After his death, kids sort of swarmed to his music.  They all believed themselves to be obsessed, and huge fans.  I always think back to that student, though, who turned out to be a pretty big band rock star in her own right, who was a huge fan when it was really not cool to be, and I admire her for it.

Either way, if you play this song for any room of kids, they'll go bonkers.

"Man in the Mirror" - Michael Jackson

Intro: Quite possibly the most famous American performer of the 20th century, the man known as the King of Pop was unusual also in that the second act of his career was even larger than the first, even with the massive success of the Jackson 5. This song was a Billboard #1 song in the US, the fourth of such from his album Bad, and nominated for a Grammy Award for Record of the Year in 1988. After Jackson's death in 2009, it re-charted in the UK, reaching #2 there, and has sold 1.3 million digital copies in the US. It has been said that this was Jackson's favorite song out of those he recorded. 

Analysis: In a song that already demonstrates Jackson's vocal range and prowess, as well as a very serious subject matter, the central theme of the song lines up lyrically exactly with the shift of keys.
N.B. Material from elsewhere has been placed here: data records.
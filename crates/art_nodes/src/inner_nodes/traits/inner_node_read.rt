//! The calls of an inner node that change nothing.
ghost use Rattle.std.specs.Prelude.{◌≡◌, ℕ, ◌<◌, ◌≤◌, ◌^◌, List, length, map, Contains, Some, IfOk, IsOkAnd};
ghost use Rattle.std.specs.declared.ops.Bound.TheVariants.{Excluded, Unbounded};
ghost use Rattle.art_nodes.specs.ChildMap.{child_at, first_pair, last_pair, pairs_within, AreValidBounds};
ghost use Rattle.art_nodes.specs.PrefixMatch.{optimistic_match, cheap_match, HasPrefix};
ghost use Rattle.art_header.specs.Header.{capped};
ghost use Rattle.art_bytes.specs.Text.{IsPrefixOf};
ghost use Rattle.art_nodes.specs.Inner.{Inner, IsInner, header_of};

use crate::inner_nodes::prefix_match::{
    AttemptOptimisticPrefixMatch, OptimisticMismatch, PessimisticMismatch, PrefixMatch,
};
use crate::iteration::child_iter::ChildIter;
use crate::pointers::OpaqueNodePtr;
use art_bytes::common_prefix_len;
use art_header::{Header, NodeType};
use std::ops::Bound;

/// The calls of an inner node that change nothing: of a node itself, or of a reference to one of
/// any kind.
///
/// Contracts see a node as the length of its prefix, the stored prefix, and a finite map from bytes
/// to children. No call takes memory. A look-up costs O(`SIZE`) in a sorted node and O(1) in the
/// others; `min`, `max` and a step of an iterator read at most 256 places.
///
/// (from crates/art_node_tests/src/nodes/node_callers.rt)
/// ```rust
/// fn least_above<K, V, const PREFIX_LEN: usize, N: InnerNodeRead<K, V, PREFIX_LEN>>(
///     // ..
/// ) -> Option<u8>
///     // ..
/// {
///     let (above, _) = node.child_above(byte)?;
///     Some(above)
/// }
/// ```
pub trait InnerNodeRead<K, V, const PREFIX_LEN: usize>: Sized {
    ghost use Rattle.art_nodes.specs.declared.pointers.OpaqueNodePtr.{OpaqueNodePtr};

    /// The node as contracts see it: prefix and child map.
    ghost inner: { Self → Inner (OpaqueNodePtr K V PREFIX_LEN) };

    /// The greatest number of children.
    ghost room: { ℕ };

    /// The header. Its count is the number of children.
    fn header(&self) -> &Header<PREFIX_LEN>
        ensures header { result.now ≡ header_of (inner self.now) }
        ensures sound { IsInner PREFIX_LEN room (inner self.now) };

    /// The number of children, at most 256.
    fn num_children(&self) -> usize
        ensures count { result ≡ length (inner self.now).children }
        ensures sound { IsInner PREFIX_LEN room (inner self.now) };

    /// The length of the whole prefix in bytes, stored or not, below 2^32.
    fn prefix_len(&self) -> usize
        ensures value { result ≡ (inner self.now).prefix_len }
        ensures fits { result < 2 ^ 32 };

    /// The stored prefix: the first `min(prefix_len, PREFIX_LEN)` bytes of the prefix.
    fn stored_prefix(&self) -> &[u8]
        ensures stored { result.now ≡ (inner self.now).stored }
        ensures capped { length result.now ≡ capped PREFIX_LEN (inner self.now).prefix_len };

    /// The child under the byte, if there is one.
    fn lookup_child(&self, key_fragment: u8) -> Option<OpaqueNodePtr<K, V, PREFIX_LEN>>
        ensures child { result ≡ child_at (inner self.now).children key_fragment }
        ensures sound { IsInner PREFIX_LEN room (inner self.now) };

    /// The children by ascending byte, each once, from either end.
    fn iter(&self) -> ChildIter<'_, K, V, PREFIX_LEN>
        ensures pairs { result ≡ (inner self.now).children }
        ensures sound { IsInner PREFIX_LEN room (inner self.now) };

    /// The children whose byte meets both bounds, by ascending byte. Condition: the bounds are
    /// valid; [`valid_range_bounds`](crate::valid_range_bounds) tests it.
    fn range(&self, start: Bound<u8>, end: Bound<u8>) -> ChildIter<'_, K, V, PREFIX_LEN>
        requires { AreValidBounds start end }
        ensures { result ≡ pairs_within (inner self.now).children start end };

    /// The least byte with its child. Condition: there is a child.
    fn min(&self) -> (u8, OpaqueNodePtr<K, V, PREFIX_LEN>)
        requires { 0 < length (inner self.now).children }
        ensures pair { first_pair (inner self.now).children ≡ Some result }
        ensures sound { IsInner PREFIX_LEN room (inner self.now) };

    /// The greatest byte with its child. Condition: there is a child.
    fn max(&self) -> (u8, OpaqueNodePtr<K, V, PREFIX_LEN>)
        requires { 0 < length (inner self.now).children }
        ensures pair { last_pair (inner self.now).children ≡ Some result }
        ensures sound { IsInner PREFIX_LEN room (inner self.now) };

    /// The least byte above this one that has a child, with that child, if there is one. Costs a
    /// range and one step of it.
    final fn child_above(&self, byte: u8) -> Option<(u8, OpaqueNodePtr<K, V, PREFIX_LEN>)>
        ensures { result ≡
            first_pair (pairs_within (inner self.now).children (Excluded byte) Unbounded) }
    {
        self.range(Bound::Excluded(byte), Bound::Unbounded).next()
    }

    /// Tests whether the rest of a key is long enough for the prefix. No byte is compared, so a
    /// search that uses this match must compare the whole key of the leaf that it reaches.
    ///
    /// Returns the length of the prefix. Error: the rest is shorter; the error has its length.
    final fn optimistic_match_prefix(
        &self,
        truncated_key: &[u8],
    ) -> Result<PrefixMatch, OptimisticMismatch>
        ensures matched { result ≡ optimistic_match (inner self.now).prefix_len truncated_key.now }
        ensures whole { IfOk result (λ found. found.matched_bytes ≡ (inner self.now).prefix_len) }
        ensures within { IfOk result (λ found. found.matched_bytes ≤ length truncated_key.now) }
        ensures passes_every_prefix { (prefix : List ℕ) →
            HasPrefix (inner self.now) prefix → IsPrefixOf prefix truncated_key.now →
            IsOkAnd result (λ found. found.matched_bytes ≡ length prefix) }
    {
        let prefix_len = self.prefix_len();
        if truncated_key.len() < prefix_len {
            Err(OptimisticMismatch {
                matched_bytes: truncated_key.len(),
            })
        } else {
            Ok(PrefixMatch {
                matched_bytes: prefix_len,
            })
        }
    }

    /// Compares the rest of a key with the prefix where the node stores all of it. Otherwise only
    /// tests whether the rest is long enough, as [`InnerNodeRead::optimistic_match_prefix`].
    ///
    /// Returns the length of the prefix. Error: how many bytes match, and the byte of the prefix
    /// where the rest differs or ends; no byte where only lengths were compared.
    final fn attempt_pessimistic_match_prefix(
        &self,
        truncated_key: &[u8],
    ) -> Result<AttemptOptimisticPrefixMatch, PessimisticMismatch>
        ensures matched { let node = inner self.now in
            result ≡ cheap_match PREFIX_LEN node.prefix_len node.stored truncated_key.now }
        ensures whole { IfOk result (λ found. found.matched_bytes ≡ (inner self.now).prefix_len) }
        ensures within { IfOk result (λ found. found.matched_bytes ≤ length truncated_key.now) }
        ensures passes_every_prefix { (prefix : List ℕ) →
            HasPrefix (inner self.now) prefix → IsPrefixOf prefix truncated_key.now →
            IsOkAnd result (λ found. found.matched_bytes ≡ length prefix) }
    {
        if PREFIX_LEN < self.prefix_len() {
            let PrefixMatch { matched_bytes } = self.optimistic_match_prefix(truncated_key)?;
            return Ok(AttemptOptimisticPrefixMatch {
                matched_bytes,
                any_implicit_bytes: true,
            });
        }
        let prefix = self.stored_prefix();
        let matched_bytes = common_prefix_len(prefix, truncated_key);
        if matched_bytes < prefix.len() {
            Err(PessimisticMismatch {
                matched_bytes,
                prefix_byte: Some(prefix[matched_bytes]),
            })
        } else {
            Ok(AttemptOptimisticPrefixMatch {
                matched_bytes,
                any_implicit_bytes: false,
            })
        }
    }

    /// One of the children: a leaf where there is one. The contract does not specify which child.
    /// Reads the children up to the first leaf. Condition: the node has two children or more.
    final fn any_child_prefer_leaf(&self) -> OpaqueNodePtr<K, V, PREFIX_LEN>
        requires { 2 ≤ length (inner self.now).children }
        ensures { Contains (map (λ pair. pair.1) (inner self.now).children) result }
    {
        let (_, least) = self.min();
        for (_, child) in self.iter() {
            if child.node_type() == NodeType::Leaf {
                return child;
            }
        }
        least
    }
}
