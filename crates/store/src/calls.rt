ghost use Rattle.std.specs.Prelude.{◌≡◌};
ghost use Rattle.store.specs.Blocks.{fetched, write_answer, written};
ghost use Rattle.store.specs.Laws.{WriteLaw};

use super::fault::{BLOCK_BYTES, StoreFault};
use super::store::{ReadStore, Store};

/// Writes a block, and says what whoever reads the store afterwards gets.
pub fn put_block<S: Store>(store: &mut S, block: u32, bytes: &[u8]) -> Result<(), StoreFault>
    ensures answer { result ≡ write_answer (S.blocks store.old) block bytes.now }
    ensures after { S.blocks store.new ≡ written (S.blocks store.old) block bytes.now }
    ensures law { WriteLaw (S.blocks store.old) block bytes.now result (S.blocks store.new) }
    ensures base { S.base_of store.new ≡ S.base_of store.old }
{
    store.write(block, bytes)
}

/// A block's bytes.
pub fn fetch_block<S: ReadStore>(store: &mut S, block: u32) -> Result<[u8; BLOCK_BYTES], StoreFault>
    ensures answer { result ≡ fetched (S.blocks store.old) block }
    ensures same { S.blocks store.new ≡ S.blocks store.old }
    ensures base { S.base_of store.new ≡ S.base_of store.old }
{
    let mut bytes = [0u8; BLOCK_BYTES];
    store.read(block, &mut bytes)?;
    Ok(bytes)
}

/// Settles a store, so that the memory at its bottom holds what the store means.
pub fn settle_down<S: Store>(store: &mut S)
    ensures same { S.blocks store.new ≡ S.blocks store.old }
    ensures settled { S.settled store.new }
    ensures holds { S.stored store.new ≡ S.blocks store.old }
    ensures base { S.base_of store.new ≡ S.base_of store.old }
{
    store.settle()
}
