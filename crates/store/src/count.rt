/// The most blocks that a store has.
pub const MOST_BLOCKS: u32 = 4_194_304;
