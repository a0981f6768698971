#![tactic(auto)]

pub mod calls;
pub mod count;
pub mod fault;
pub mod store;
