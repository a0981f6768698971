ghost use Rattle.std.specs.Prelude.{◌≡◌, ℕ, List, length};
ghost use Rattle.store.specs.Blocks.{Block, Sized, read_answer, read_buffer, write_answer, written, protection_answer};

use super::fault::{Protection, StoreFault};

/// A fixed count of blocks of 256 bytes that can be read, each sound or damaged, each open or protected.
/// What a call answers is worked out from the meaning, so whatever is built on a reader holds for each of them.
pub trait ReadStore {
    // What is meant, read from what is held now.
    ghost blocks: { Self → List Block };

    // What it stands on: which lent memory is at its bottom, and whatever there no call changes.
    ghost Base: { Type 0 };

    ghost base_of: { Self → Base };

    // What each implementation owes of its blocks.
    ghost sized: { (s : Self) → Sized (blocks s) };

    /// How many blocks there are.
    fn size(&self) -> u32
        ensures { result ≡ length (blocks self.now) };

    /// Hands over a sound block's bytes.
    fn read(&mut self, block: u32, buffer: &mut [u8]) -> Result<(), StoreFault>
        ensures answer { result ≡ read_answer (blocks self.old) block buffer.old }
        ensures buffer { buffer.new ≡ read_buffer (blocks self.old) block buffer.old }
        ensures same { blocks self.new ≡ blocks self.old }
        ensures base { base_of self.new ≡ base_of self.old };
}

/// A reader whose open blocks can be written.
pub trait Store: ReadStore {
    // What the memory at the bottom holds, shown as the store shows it, with nothing kept back above it.
    ghost stored: { Self → List Block };

    // That nothing is kept back: what is meant has reached the memory at the bottom.
    ghost settled: { Self → Type 0 };

    /// Makes an open block sound with these bytes.
    fn write(&mut self, block: u32, bytes: &[u8]) -> Result<(), StoreFault>
        ensures answer { result ≡ write_answer (Self.blocks self.old) block bytes.now }
        ensures after { Self.blocks self.new ≡ written (Self.blocks self.old) block bytes.now }
        ensures base { Self.base_of self.new ≡ Self.base_of self.old };

    /// Tells whether a block may be written.
    fn protection(&self, block: u32) -> Result<Protection, StoreFault>
        ensures { result ≡ protection_answer (Self.blocks self.now) block };

    /// Writes down whatever is kept back.
    fn settle(&mut self)
        ensures same { Self.blocks self.new ≡ Self.blocks self.old }
        ensures settled { settled self.new }
        ensures base { Self.base_of self.new ≡ Self.base_of self.old };

    // What each implementation owes of being settled: then what the memory holds is what is meant.
    ghost holds: { (s : Self) → settled s → stored s ≡ Self.blocks s };
}

/// A reader that is lent is a reader.
impl<S: ReadStore> ReadStore for &mut S {
    ghost blocks = { λ s. S.blocks s.now };

    ghost Base = { ℕ × S.Base };

    ghost base_of = { λ s. (s.ghost_name, S.base_of s.now) };

    ghost sized = { λ s. S.sized s.now };

    fn size(&self) -> u32 {
        (**self).size()
    }

    fn read(&mut self, block: u32, buffer: &mut [u8]) -> Result<(), StoreFault> {
        (**self).read(block, buffer)
    }
}

/// A store that is lent is a store: a pile over it leaves the image to its maker, who learns what the memory holds.
impl<S: Store> Store for &mut S {
    ghost stored = { λ s. S.stored s.now };

    ghost settled = { λ s. S.settled s.now };

    ghost holds = { λ s h. S.holds s.now h };

    fn write(&mut self, block: u32, bytes: &[u8]) -> Result<(), StoreFault> {
        (**self).write(block, bytes)
    }

    fn protection(&self, block: u32) -> Result<Protection, StoreFault> {
        (**self).protection(block)
    }

    fn settle(&mut self) {
        (**self).settle()
    }
}
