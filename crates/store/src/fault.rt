ghost use Rattle.std.specs.Prelude.{◌≡◌, Some};
ghost use Rattle.store.specs.Blocks.{fault, write_of};
ghost use Rattle.store.specs.Faults.{kind_word};

use std::fmt;

/// How many bytes a block has.
pub const BLOCK_BYTES: usize = 256;

/// Whether a block may be written.
#[derive(Clone, Copy, PartialEq, Eq, Debug)]
pub enum Protection {
    Open,
    Protected,
}

impl Protection {
    /// Whether a block with this protection may be written: `Ok`, or the refusal.
    pub fn permit(self, block: u32) -> Result<(), StoreFault>
        ensures { result ≡ write_of block self }
    {
        match self {
            Protection::Open => Ok(()),
            Protection::Protected => Err(FaultKind::Protected.at(block)),
        }
    }
}

/// Why a store refused a call.
#[derive(Clone, Copy, PartialEq, Eq, Debug)]
pub enum FaultKind {
    /// the buffer is not one block long
    Length,
    /// the block's number is not below the count
    Beyond,
    /// the block's bytes are lost
    Damaged,
    /// the block may not be written
    Protected,
}

/// A refusal: its kind, and the block's number as the store that refused counts it.
#[derive(Clone, Copy, PartialEq, Eq, Debug)]
pub struct StoreFault {
    pub kind: FaultKind,
    pub block: u32,
}

impl FaultKind {
    /// The refusal of this kind at a block.
    pub fn at(self, block: u32) -> StoreFault
        ensures { result ≡ fault self block }
    {
        StoreFault { kind: self, block }
    }
}

impl fmt::Display for FaultKind {
    ghost output = { λ k. Some (kind_word k) };

    fn fmt<W: fmt::Write>(&self, f: &mut fmt::Formatter<W>) -> fmt::Result {
        match self {
            FaultKind::Length => f.write_str("length"),
            FaultKind::Beyond => f.write_str("beyond"),
            FaultKind::Damaged => f.write_str("damaged"),
            FaultKind::Protected => f.write_str("protected"),
        }
    }
}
In what is a standard pop song, the key change occurs shortly after the 2/3 mark of the song, in what should be a resolution chord, instead, a large gospel choir sings the word “Change!”, introducing the new key.  The song was originally published in G major, and on the word "Change!", the cadence resolves instead to G# major, a half step up, by way of Direct Modulation with no common chords.  This is often referred to as Truck Driver or Gear Shift modulation, and is very common in popular songs.

Additionally, the song can be used as an ear-training device for teaching the descending major sixth. Notably as Jackson begins to sing on the chorus, he begins on the highest note thus far in the song on “I'm” and travels down a major sixth on the next syllable, here the first syllable of “starting”, moving up in a stepwise motion from “starting.” The musical effect here is that the word “I'm” is highlighted, indicating Jackson's belief that it is his job to initiate change. Then travelling down the major sixth and back up the scale beginning on the word “starting” gives the idea that beginning to create the change is a process that must occur step by step (as the melody here literally moves one scale step at a time).

Considerations for Teaching: Many of Jackson's songs were used for educational presentations in the 1990s, and this song fits in that canon. The song contains no profanity or offensive language. It contains a message of hope for the future and personal responsibility, and was said to have been among Jackson's favorite songs of his own.